Plaintiffs allege that they would not have purchased the Vehicle had they known
of the alleged defects.
Plaintiffs
filed this action on November 15, 2024, raising claims for (1) violation of
Civil Code, section 1793.2, subd. (d) (against FCA only); (2) violation of
Civil Code, section 1793.2, subd. (b) (against FCA only); (3) violation of
Civil Code, section 1793.2 (against FCA only); (4) breach of the implied
warranty of merchantability (against FCA only); (5) negligent repair (against
Huntington); and (6) fraudulent concealment (against FCA only).
On
January 21, 2025, FCA demurred to the Complaint.

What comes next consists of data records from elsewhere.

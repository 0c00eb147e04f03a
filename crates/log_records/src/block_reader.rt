// Reads what the blocks of a log have from an LSN on, one block after the other.
ghost use Rattle.std.specs.Prelude.{◌≡◌, ◌<◌, ◌↔◌, ◌∷◌, ◌++◌, [], List, ℕ, IsTrue, IfErr, IfOk, OnOk, length};
ghost use Rattle.disk_model.specs.Disk.{Rises, Stays};
ghost use Rattle.oper_core.specs.Meaning.{IsSmall};
ghost use Rattle.oper_core.specs.declared.bounds.Bounds.{Bounds};
ghost use Rattle.formats.specs.Reading.{FailsBy};
ghost use Rattle.formats.specs.Records.{payload_of};
ghost use Rattle.log_blocks.specs.LogView.{LogView};
ghost use Rattle.log_blocks.specs.Payloads.{ahead, remaining};
ghost use Rattle.log_records.specs.BlockReader.{IsReadingBlocks, HasGivenBlock};
ghost use Rattle.log_records.specs.Codec.{IsEncodable};
ghost use Rattle.log_records.specs.Loading.{IsTailFault};
ghost use Rattle.log_records.specs.Rewriting.{from_lsn};

use crate::RecordLog;
use crate::codec::encode;
use crate::record_reader::RecordReader;
use crate::rewriting::is_from_lsn;
use disk_model::Machine;
use formats::{ReadErr, Record};
use oper_core::{Memory, Oper};
use std::marker::Model;

/// Stands in the blocks of a log, and gives the commands and identity writes that they have from an LSN on. One block of these
/// is in memory at a time.
#[derive(Drop)]
pub struct BlockReader<O: Oper> {
    records: RecordReader<O>,
    from: u64,
}

impl<O: Oper> Model for BlockReader<O> {
    ghost use Rattle.oper_core.specs.Meaning.{IsSmall};
    ghost use Rattle.log_records.specs.BlockReader.{BlockReaderView};

    ghost Value = { BlockReaderView };

    ghost view = { λ r. record { records = r.records; from = r.from } };

    ghost invariant = { λ r. IsSmall r.records.bounds };
}

// Appends the code of a record that is numbered, from this LSN on.
fn push_from_lsn<O: Oper>(it: &Record<O>, from: u64, into: &mut Vec<u8>) -> Result<(), Memory>
    requires { IsEncodable O.meaning it.now }
    ensures { (b : Bounds) → OnOk result (into.new.items ≡ into.old.items ++ payload_of (O.meaning b) (from_lsn from (it.now ∷ []))) }
{
    if !is_from_lsn(it, from) {
        return Ok(());
    }
    encode(it, into)?;
    Ok(())
}

// Whether these are what the block in hand has, and it has any.
fn is_whole<O: Oper>(records: &RecordReader<O>, into: &[u8]) -> bool
    ensures { IsTrue result ↔ ((remaining records.now.payloads ≡ 0) × (0 < length into.now)) }
{
    records.is_between_blocks() && !into.is_empty()
}

// Appends what the next block has that has any; false, and no byte is appended, where none comes.
fn push_block<O: Oper, M: Machine>(
    m: &mut M,
    records: &mut RecordReader<O>,
    from: u64,
    into: &mut Vec<u8>,
) -> Result<bool, ReadErr>
    requires small { IsSmall records.old.bounds }
    requires empty { into.old.items ≡ [] }
    ensures kept { Stays (M.disk m.old) (M.disk m.new) }
    ensures bounds { records.new.bounds ≡ records.old.bounds }
    ensures less { IfOk result (λ more. IsTrue more → ahead records.new.payloads < ahead records.old.payloads) }
    ensures some { IfOk result (λ more. IsTrue more → 0 < length into.new.items) }
    ensures given { (log : LogView) (given : List (List ℕ)) → IsReadingBlocks (O.meaning records.old.bounds) (M.disk m.old) log (record { records = records.old; from = from }) given
        → IfOk result (HasGivenBlock (O.meaning records.old.bounds) (M.disk m.new) log (record { records = records.new; from = from }) given into.new.items) }
    ensures cause { (log : LogView) (given : List (List ℕ)) → IsReadingBlocks (O.meaning records.old.bounds) (M.disk m.old) log (record { records = records.old; from = from }) given
        → IfErr result (FailsBy (Rises (M.disk m.old).disk_faults (M.disk m.new).disk_faults) (IsTailFault (O.meaning records.old.bounds) (M.disk m.new) log)) }
{
    while let Some(record) = records.next(m)? {
        push_from_lsn(&record, from, into)?;
        if is_whole(records, into) {
            return Ok(true);
        }
    }
    Ok(false)
}

impl<O: Oper> BlockReader<O> {
    /// Makes of the bytes the payload of the next block that has any command or identity write from the reader's LSN on: these
    /// alone, as the log has them. False, and no byte, after the last one.
    pub fn next_block<M: Machine>(&mut self, m: &mut M, into: &mut Vec<u8>) -> Result<bool, ReadErr>
        ensures kept { Stays (M.disk m.old) (M.disk m.new) }
        ensures same { self.new ≡ record self.old { records = self.new.records } }
        ensures bounds { self.new.records.bounds ≡ self.old.records.bounds }
        ensures less { IfOk result (λ more. IsTrue more → ahead self.new.records.payloads < ahead self.old.records.payloads) }
        ensures some { IfOk result (λ more. IsTrue more → 0 < length into.new.items) }
        ensures given { (log : LogView) (given : List (List ℕ)) → IsReadingBlocks (O.meaning self.old.records.bounds) (M.disk m.old) log self.old given
            → IfOk result (HasGivenBlock (O.meaning self.old.records.bounds) (M.disk m.new) log self.new given into.new.items) }
        ensures cause { (log : LogView) (given : List (List ℕ)) → IsReadingBlocks (O.meaning self.old.records.bounds) (M.disk m.old) log self.old given
            → IfErr result (FailsBy (Rises (M.disk m.old).disk_faults (M.disk m.new).disk_faults) (IsTailFault (O.meaning self.old.records.bounds) (M.disk m.new) log)) }
    {
        into.clear();
        let more = push_block(m, &mut self.records, self.from, into)?;
        Ok(more)
    }
}

impl<O: Oper> RecordLog<O> {
    /// A reader of the blocks' commands and identity writes from an LSN on, that has given none.
    pub fn block_reader<M: Machine>(&self, m: &mut M, from: u64) -> Result<BlockReader<O>, ReadErr>
        ensures kept { Stays (M.disk m.old) (M.disk m.new) }
        ensures from { IfOk result (λ it. it.from ≡ from) }
        ensures bounds { IfOk result (λ it. it.records.bounds ≡ self.now.bounds) }
        ensures reading { IfOk result (λ it. IsReadingBlocks (O.meaning self.now.bounds) (M.disk m.new) self.now.log it []) }
        ensures cause { IfErr result (FailsBy (Rises (M.disk m.old).disk_faults (M.disk m.new).disk_faults) (λ f p. ⊥)) }
    {
        Ok(BlockReader {
            records: RecordReader::new(self.alloc, m, self.bounds, &self.log)?,
            from,
        })
    }
}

Plaintiff filed an opposition
and FCA filed a reply.
“[T]he elements of an action for fraud and deceit based on
concealment are: (1) the defendant must have concealed or suppressed a material
fact, (2) the defendant must have been under a duty to disclose the fact to the
plaintiff, (3) the defendant must have intentionally concealed or suppressed
the fact with the intent to defraud the plaintiff, (4) the plaintiff must have
been unaware of the fact and would not have acted as he did if he had known of
the concealed or suppressed fact, and (5) as a result of the concealment or
suppression of the fact, the plaintiff must have sustained damage.” (Lovejoy
v. AT&T Corp. (2004) 119 Cal.App.4th 151, 157–158.)
A duty to disclose arises when “[1] a defendant owes a
fiduciary duty to a plaintiff … [2] when the defendant has exclusive knowledge
of material facts not known to the plaintiff; [3] when the defendant actively
conceals a material fact from the plaintiff; or [4] when the defendant makes
partial representations but also suppresses some material facts.” (Jones v.
ConocoPhillips Co. (2011) 198 Cal.App.4th 1187, 1199 [internal citations
and quotation marks omitted; cleaned up].)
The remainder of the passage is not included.